9) Who wins staring contests? 

Direct eye contact in dog language is a threatening gesture. Your dog should not want to look directly at your eyes if you lock your eyes on his. Submissive dogs turn their heads away. 

10) Does your pet growl or snap at you? 

These are both signs of dominance and should never be allowed - the only exception might be when the dog is ill or injured. Human aggression is a big no-no and these attempts at rebellion should not be tolerated by the alpha leader.*


----------



## kimmiek915 (Oct 4, 2005)

Okay first of all, I would like to clarify that I do not in any way MUSCLE my dog. She is very tiny and I wouldn't do anything to hurt her. When I said that I wrestle with her, I meant that figuratively, not literally. She's my baby and I wouldn't do anything to jeopardize her health or well-being. I have never handled her roughly, but always with a gentle hand. She does must of the wriggling and squiriming, and I just try to hold her down to calm her. I've heard many other people on this forum say that it's okay to lay your baby on his or her back to calm him/her, so I really don't think this is hurting my baby. If it was, I really wouldn't be doing it. Also, her clothes are cute and were mainly obtained for the purpose of keeping her warm. Not to be rude, and since you mentioned that you were offended. Well, I was quite offended that you would think I was hurting my baby. I have done no such thing and never will. Also, I'm not a paris hilton. I don't force my baby to wear cute outfits just for the sake of being cute. I'm just worried about her because she is always shivering. Also, I have wrapped her in blankets, but she doesn't like that too much either because that's what they do at the vet, and I think she associates being wrapped in a blanket with going to the vet's office. She does get a hot water bottle wrapped in towels at night. And just to clarify it's not hot as in scorching hot. I don't want anyone to think that I put her in danger by giving her a hot bottle. And to clarify another thing, yes, she is being treated for her diarrhea. It has gotten much better since she's been to the vet. She's on Gastroentesinal food, and that's helping her stomach.

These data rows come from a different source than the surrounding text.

//! Normal forms, of the same language: meant to give one form to expressions that differ in brackets, order and repeats
//! alone, so that what a word leaves, read letter by letter, doesn't grow with it. Proved are the language, and that of
//! the members of an `Alt` each comes before the next.

ghost use Rattle.std.specs.Prelude.{◌≡◌, ◌↔◌, ◌≤◌, List, ◌∷◌, map, length, IfOk, OnOk, MatchResult};
ghost use Rattle.std.specs.List.{insert};
ghost use Rattle.ts_base.specs.declared.letter.Letter.{Letter};
ghost use Rattle.ts_regex.specs.Shape.{shape_of};
ghost use Rattle.ts_regex.specs.Language.{InLanguage};
ghost use Rattle.ts_regex.specs.NormalForm.{chain, follow, normal_cat, members, insert_member, insert_members, nest, normal_alt, normal_star, normal_form, residual};

use crate::derivative::derive;
use crate::regex::{Regex, alt, cat, star};
use std::alloc::Global;
use std::cmp::Ordering;
use ts_base::{Letter, Memory};

/// The normal form, of the same language (Brzozowski 1964, similar expressions).
#[tactic(auto, using(crate::proofs::Laws::normal_law))]
pub fn normal(alloc: Global, r: &Regex) -> Result<Regex, Memory>
    ensures exact { IfOk result (λ n. shape_of n ≡ normal_form (shape_of r.now)) }
    ensures language { IfOk result (λ n. (w : List Letter) →
        InLanguage (shape_of n) w ↔ InLanguage (shape_of r.now) w) }
{
    r.simplified(alloc)
}

/// What a letter leaves of an expression, in normal form: its words are those that with `l` before them are words of
/// `r` (Brzozowski 1964). It is also called the residual of `r` after `l`.
#[tactic(auto, using(crate::proofs::Laws::residual_law))]
pub fn residual(alloc: Global, r: &Regex, l: Letter) -> Result<Regex, Memory>
    ensures exact { IfOk result (λ d. shape_of d ≡ residual (shape_of r.now) l) }
    ensures language { IfOk result (λ d. (w : List Letter) →
        InLanguage (shape_of d) w ↔ InLanguage (shape_of r.now) (l ∷ w)) }
{
    let rest = derive(alloc, r, l)?;
    normal(alloc, &rest)
}

impl Regex {
    /// The normal form.
    fn simplified(&self, alloc: Global) -> Result<Regex, Memory>
        ensures { IfOk result (λ n. shape_of n ≡ normal_form (shape_of self.now)) }
    {
        match self {
            Regex::Empty => Ok(Regex::Empty),
            Regex::Eps => Ok(Regex::Eps),
            Regex::One(l) => Ok(Regex::One(*l)),
            Regex::Cat(r, s) => normal_cat(alloc, r.simplified(alloc)?, s.simplified(alloc)?),
            Regex::Alt(r, s) => normal_alt(alloc, r.simplified(alloc)?, s.simplified(alloc)?),
            Regex::Star(r) => normal_star(alloc, r.simplified(alloc)?),
        }
    }

    /// Puts the members that are no `Alt` into their places.
    #[tactic(auto, using(crate::proofs::Members::all_append))]
    fn collect_members(self, found: &mut Vec<Regex>) -> Result<(), Memory>
        ensures { OnOk result (map shape_of found.new.items
            ≡ insert_members (members (shape_of self)) (map shape_of found.old.items)) }
    {
        match self {
            Regex::Empty => Ok(()),
            Regex::Alt(r, s) => {
                Box::into_inner(s).collect_members(found)?;
                Box::into_inner(r).collect_members(found)
            }
            member => insert_member(found, member),
        }
    }
}

/// The Cat of two normal forms.
fn normal_cat(alloc: Global, r: Regex, s: Regex) -> Result<Regex, Memory>
    ensures { IfOk result (λ n. shape_of n ≡ normal_cat (shape_of r) (shape_of s)) }
{
    match r {
        Regex::Empty => Ok(Regex::Empty),
        Regex::Eps => Ok(s),
        first => follow(alloc, first, s),
    }
}

/// `r`, which is neither Empty nor Eps, followed by `s`.
fn follow(alloc: Global, r: Regex, s: Regex) -> Result<Regex, Memory>
    ensures { IfOk result (λ n. shape_of n ≡ follow (shape_of r) (shape_of s)) }
{
    match s {
        Regex::Empty => Ok(Regex::Empty),
        Regex::Eps => Ok(r),
        second => chain(alloc, r, second),
    }
}

/// `r` followed by `t`, nested to the right.
fn chain(alloc: Global, r: Regex, t: Regex) -> Result<Regex, Memory>
    ensures { IfOk result (λ n. shape_of n ≡ chain (shape_of r) (shape_of t)) }
{
    match r {
        Regex::Cat(first, rest) => Ok(Regex::Cat(
            first,
            Box::new(alloc, chain(alloc, Box::into_inner(rest), t)?)?,
        )),
        first => cat(alloc, first, t),
    }
}

/// The Alt of two normal forms.
fn normal_alt(alloc: Global, r: Regex, s: Regex) -> Result<Regex, Memory>
    ensures { IfOk result (λ n. shape_of n ≡ normal_alt (shape_of r) (shape_of s)) }
{
    let mut found = Vec::new(alloc);
    s.collect_members(&mut found)?;
    r.collect_members(&mut found)?;
    nest(alloc, found)
}

/// Puts `r` into its place among sorted members, unless it stands there. The place is found from the front, so m
/// members may take m * m / 2 comparisons. That is quick enough: a residual has at most about as many members as the
/// expression has letters.
fn insert_member(found: &mut Vec<Regex>, r: Regex) -> Result<(), Memory>
    ensures { OnOk result (map shape_of found.new.items ≡ insert_member (shape_of r) (map shape_of found.old.items)) }
{
    if let Err(place) = place_of(found, &r) {
        found.insert(place, r)?;
    }
    Ok(())
}

/// Where `r` stands among sorted members, or else where it belongs.
fn place_of(found: &[Regex], r: &Regex) -> Result<usize, usize>
    ensures { MatchResult result (λ k. insert_member (shape_of r.now) (map shape_of found.now) ≡ map shape_of found.now)
        (λ k. (k ≤ length found.now)
        × (insert_member (shape_of r.now) (map shape_of found.now)
        ≡ insert (map shape_of found.now) k (shape_of r.now))) }
{
    for k in 0..found.len() {
        match r.compare(&found[k]) {
            Ordering::Less => return Err(k),
            Ordering::Equal => return Ok(k),
            Ordering::Greater => {}
        }
    }
    Err(found.len())
}

/// The `Alt` of the members, nested to the right.
fn nest(alloc: Global, mut found: Vec<Regex>) -> Result<Regex, Memory>
    ensures { IfOk result (λ n. shape_of n ≡ nest (map shape_of found.items)) }
{
    let mut union = match found.pop() {
        None => return Ok(Regex::Empty),
        Some(last) => last,
    };
    while let Some(member) = found.pop() {
        union = alt(alloc, member, union)?;
    }
    Ok(union)
}

/// The Star of a normal form.
fn normal_star(alloc: Global, r: Regex) -> Result<Regex, Memory>
    ensures { IfOk result (λ n. shape_of n ≡ normal_star (shape_of r)) }
{
    match r {
        Regex::Empty | Regex::Eps => Ok(Regex::Eps),
        Regex::Star(inner) => Ok(Regex::Star(inner)),
        once => star(alloc, once),
    }
}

I'm sorry if I offended anyone, but I'm sure that I care for and love my baby just as much, if not more than you care for your baby. Sorry if this message sounds a bit attitudish, but I've been through two weeks of H-E- double hockey stick because my baby has been having diarrhea. It is definitely getting better though. Thanks for all your advice. I hope this message answers two particular people's questions/comments.


----------



## kimmiek915 (Oct 4, 2005)

Also one more thing, steph, it is your opinion that dogs shouldn't be forced to wear clothing. Actually, most vets will tell you that it's a good idea to put something on your chi in chilly temperatures. It seems like you have this idea that putting clothes on them is torture, but it's actually for their good. Yes, they may not like it at first, but most of them, from what I've heard actually learn to like it because they associate it with going outside or going somewhere. I'm not singling you out to be mean, but you have made some accusations that I find horrendous, and I just wanted to clarify that. You mentioned TWICE that I was muscling my dog, but I'm not an idiot. I wouldn't muscle my baby who is only 2lbs. Also, she is alot stronger than you put her up to be. It's good to be gentle, but sometimes you need to put your foot down and be firm with them as well. Anyways, as for the goggles, I think they are cute, and obviously it was just a little gettup. It didn't have an ACTUAL purpose. And if the dog doesn't mind, what's the harm? And one last thing, no, puppies shouldn't not be muscled just for the sake of being cute. My baby is cute without any lacy and filly shirt/dresses. The only things I've gotten for my baby are sweatshirts, shirts, and coats. Obviously, those are not meant to be cute outfits, but they happen to be cute because that's just personal preference. Thanks!


----------



## kimmiek915 (Oct 4, 2005)

no harsh feelings on my end...sorry if i sounded totally bit*hy. I was just offended to hear that someone thought I was hurting my baby who I love more than anything in the world. The ONLY thing I care about it her well-being and happiness. She's my baby...so sorry if I was rude/mean, but I just really wanted to clear my name. Thanks for all your help everyone. =)


----------



## stefanie_farrell (Jan 11, 2005)

kimmiek915 said:


> Also one more thing, steph, it is your opinion that dogs shouldn't be forced to wear clothing. Actually, most vets will tell you that it's a good idea to put something on your chi in chilly temperatures. It seems like you have this idea that putting clothes on them is torture, but it's actually for their good. Yes, they may not like it at first, but most of them, from what I've heard actually learn to like it because they associate it with going outside or going somewhere. I'm not singling you out to be mean, but you have made some accusations that I find horrendous, and I just wanted to clarify that. You mentioned TWICE that I was muscling my dog, but I'm not an idiot. I wouldn't muscle my baby who is only 2lbs. Also, she is alot stronger than you put her up to be. It's good to be gentle, but sometimes you need to put your foot down and be firm with them as well. Anyways, as for the goggles, I think they are cute, and obviously it was just a little gettup. It didn't have an ACTUAL purpose. And if the dog doesn't mind, what's the harm? And one last thing, no, puppies shouldn't not be muscled just for the sake of being cute. My baby is cute without any lacy and filly shirt/dresses. The only things I've gotten for my baby are sweatshirts, shirts, and coats. Obviously, those are not meant to be cute outfits, but they happen to be cute because that's just personal preference. Thanks!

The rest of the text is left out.